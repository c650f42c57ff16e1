// The records of inputs, as the slow meanings take them.
ghost use Rattle.std.specs.Prelude.{◌≡◌, [], ◌∷◌, ◌++◌, IfOk, OnOk};
ghost use Rattle.river_road.specs.Inputs as inputs;
ghost use Rattle.river_langs.specs.Sources.{first_of_rows, records};

use kern_rows::EvenRows;
use river_base::{Listed, NoMemory, Numbers, Rows, TimedFiles};
use river_road::FileContent;
use std::alloc::Global;

/// The rows of the first input.
pub(crate) fn rows_of(alloc: Global, files: Listed<FileContent>) -> EvenRows
    ensures { result ≡ records files }
{
    match files.into_vec().into_iter().next() {
        Some(FileContent::Rows(rows)) => rows,
        _ => EvenRows::new(alloc),
    }
}

/// The first value of each row.
pub(crate) fn values_of(alloc: Global, mut rows: EvenRows) -> Result<Numbers, NoMemory>
    ensures { IfOk result (λ all. all ≡ first_of_rows rows) }
{
    let mut all = Numbers::new(alloc);
    while let Some(row) = rows.pop() {
        all.push(row.values()[0])?;
    }
    Ok(all)
}

/// The rows one by one.
pub(crate) fn listed(alloc: Global, mut rows: EvenRows) -> Result<Rows, NoMemory>
    ensures { IfOk result (λ all. all ≡ rows) }
{
    let mut all = Rows::new(alloc);
    while let Some(row) = rows.pop() {
        all.push(row)?;
    }
    Ok(all)
}

/// The rows of the files whose rows have timestamps.
pub(crate) fn timed_files_of(
    alloc: Global,
    files: Listed<FileContent>,
) -> Result<TimedFiles, NoMemory>
    ensures { IfOk result (λ all. all ≡ inputs.timed_files files) }
{
    let mut all = TimedFiles::new(alloc);
    for file in files.into_vec() {
        add_timed(file, &mut all)?;
    }
    Ok(all)
}

// A file comes to the others, if its rows have timestamps.
fn add_timed(file: FileContent, all: &mut TimedFiles) -> Result<(), NoMemory>
    ensures { OnOk result (all.new ≡ all.old ++ inputs.timed_files (file ∷ [])) }
{
    match file {
        FileContent::Rows(_) => Ok(()),
        FileContent::Timed(rows) => {
            all.push(rows)?;
            Ok(())
        }
    }
}
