// Sawzall as a language of the road.
ghost use Rattle.std.specs.Prelude.{true};
ghost use Rattle.river_langs.specs.Sources.{saw_in, IsSawzall};
ghost use Rattle.saw_text.specs.Tree.{program_of};

use crate::mean_sawzall;
use crate::records::{listed, rows_of};
use brooklet_step::Outcome;
use river_base::{Bytes, Listed, NoMemory};
use river_outside::Stop;
use river_plan::Caps;
use river_road::{Compiled, FileContent, Language, refused_program};
use saw_front::{SawFault, compile_sawzall};
use saw_text::SawProgram;
use std::alloc::Global;
use text_forms::TextFault;

/// Sawzall. A record may have further fields, which are not looked at.
#[derive(Clone, Copy)]
pub struct Sawzall;

impl Language for Sawzall {
    type Program = SawProgram;

    ghost source = { saw_in };

    ghost stands = { λ s t. IsSawzall s (program_of t) };

    ghost more = { true };

    fn takes_more() -> bool {
        true
    }

    fn compile(alloc: Global, text: &Bytes) -> Result<Compiled<SawProgram>, Stop> {
        match compile_sawzall(alloc, text) {
            Ok((program, plan)) => Ok(Compiled {
                plan,
                caps: Caps::new(alloc),
                program,
            }),
            Err(SawFault::Text(TextFault::NoMemory)) => Err(Stop::NoMemory),
            Err(fault) => Err(Stop::Refused(refused_program(alloc, fault)?)),
        }
    }

    fn mean(
        alloc: Global,
        compiled: &Compiled<SawProgram>,
        files: Listed<FileContent>,
    ) -> Result<Outcome, NoMemory> {
        mean_sawzall(
            alloc,
            &compiled.program,
            &listed(alloc, rows_of(alloc, files))?,
        )
    }
}
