// Goes through the lines of the cases.
use crate::fault::CaseFault;
use crate::reader::Reader;
use crate::report::{Tally, show_fault, show_tally};
use crate::run::{Runner, tries};
use std::alloc::Global;
use std::io;
use std::sync::Wait;
use std::thread::Threads;

/// Runs the cases of a text, and says whether each gives what it says, and there are as many as the first line says. Prints
/// each case that gives something else, with what it gave, and last how many were right; or the line that cannot be read.
pub fn go_through<R: Print + Threads + Wait + Sync, T: Runner>(
    rt: &R,
    alloc: Global,
    runner: &T,
    text: &str,
) -> io::Result<bool> {
    let mut reader = Reader::new(alloc);
    take_lines(rt, alloc, runner, &mut reader, text)
}

fn take_lines<R: Print + Threads + Wait + Sync, T: Runner>(
    rt: &R,
    alloc: Global,
    runner: &T,
    reader: &mut Reader,
    text: &str,
) -> io::Result<bool> {
    let mut tally = Tally { tried: 0, right: 0 };
    let mut number = 0u32;
    for line in text.lines() {
        number = number.saturating_add(1);
        if let Err(fault) = take_line(rt, alloc, runner, reader, &mut tally, line) {
            return faulty(rt, number, fault);
        }
    }
    end(rt, reader, tally)
}

// Reads a line, and where a case ends there, runs it.
fn take_line<R: Print + Threads + Wait + Sync, T: Runner>(
    rt: &R,
    alloc: Global,
    runner: &T,
    reader: &mut Reader,
    tally: &mut Tally,
    line: &str,
) -> Result<(), CaseFault> {
    if reader.take(line)? {
        let is_right = tries(rt, alloc, runner, reader.case(), reader.besides())?;
        tally.count(is_right);
    }
    Ok(())
}

// What is said of a line that ends all.
fn faulty<R: Print>(rt: &R, line: u32, fault: CaseFault) -> io::Result<bool> {
    show_fault(rt, line, fault)?;
    Ok(false)
}

// What is said when all lines are read.
fn end<R: Print>(rt: &R, reader: &Reader, tally: Tally) -> io::Result<bool> {
    if reader.is_within_a_case() {
        return cut_off(rt);
    }
    show_tally(rt, tally, reader.wanted())?;
    Ok(tally.is_right(reader.wanted()))
}

fn cut_off<R: Print>(rt: &R) -> io::Result<bool> {
    println!(rt; "the last case is cut off")?;
    Ok(false)
}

____

EXERCISE:
Lines of the material may hold the string "Prelude". Copy each one that does.

COMPLETED EXERCISE:
ghost use Rattle.std.specs.Prelude.{◌≡◌, [], ◌∷◌, ◌++◌, IfOk, OnOk};
ghost use Rattle.std.specs.Prelude.{true};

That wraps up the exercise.